However, it expands the pauses by a percentage and not a fixed amount.
Additionally, all pauses can be removed with a Parameter of -100.
The second control sets the pauses that are to small to be regarded, i.e. all pauses less than x s are skipped.
For example: a value of 0.01 s and 8000 % seperates the syllables themselves.
But the greater pauses are of course also stretched proportionally - that’s why a negative Expansion is worthwhile to apply Prior to this.
It would be great if the phrases could be repeated as proposed by Gayle - but this Needs some more elaborated algorithm since the phrases must match the gaps.
I can post a beta Version (currently mono) during this Weekend, if you want.
I see, no Need for my Version.
The plug-in does actually not “Stretch” the pauses. This implies in my mind a Stretch factor i.e. a Ratio similar to the truncate silence plug-in (of which the Name is also unluckily Chosen).
For exammple: you have the pauses 2.3 and 4.2 s respectively,
an Expansion by 2 (s) gives 4.3/6.2 s, whereas stretching by 2 (factor) gives 4.6/8.4 s.
The latter behaviour could be implemented in the truncate silence plug-in if fractional ratios were allowed.
Thus a Ratio of 1:0.5 would Stretch the pauses to their doubled length.
That’s perhaps a considerable Feature for the future, along with a Name Change (something like silence compression/Expansion).
The idea is not to have to press play, pause, play, pause, etc… the file should have the spaces so that you could for instance be playing it in a car as you drive along without being distracted - simply play it on loop and practice.
There is no need to repeat (duplicate) the actual spoken phrases within the file - just allow enough space for the listener to repeat the last phrase and then continue to the next phrase, and so on. The repetition comes with playing the file over and over. The person who uses this proposed plugin would decide how long the practice segments should be, as needed.

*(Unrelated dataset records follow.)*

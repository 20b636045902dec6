//! Runs of an index in memory, beside the filter of the whole list, and of indexes under numbers. A library with tests alone.
#![tactic(auto)]

#[cfg(test)]
mod checks;
#[cfg(test)]
mod filter;
#[cfg(test)]
mod indexes;
#[cfg(test)]
mod kept_parts;
#[cfg(test)]
mod made;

The actual silence should be real silence - no background noise or effect is needed because for instance in a car, or home, there is already enough noise - or at home, soft music could be playing somewhere in the house anyway. So, the file should be clean in that sense. I’m saying this because the spoken files I’m using are well recorded and very clean. But I take your point, if it was a dirty recording, then pure silence might sound weird… in that case, the quality of the recording (in my opinion) is probably not worth using anyway. I can’t stand listening to badly recorded stuff - vocal or otherwise
I experimented with the length of silence and found 3 seconds to be a fair compromise if the length of silence must be a fixed length - but another way of doing it is to make the silence a variable length based on the length of the vocal phrase, multiplied by a comfort factor (CF) that could be set by slider control, say between x1 to x5. So, for instance, if the phrase was 3 seconds long, and the CF (for the whole file) was set to x2 - then the inserted silence would be 6 seconds i.e. 3 seconds x2. If the CF was set to x1.5 then it would of course create a 4.5 second gap.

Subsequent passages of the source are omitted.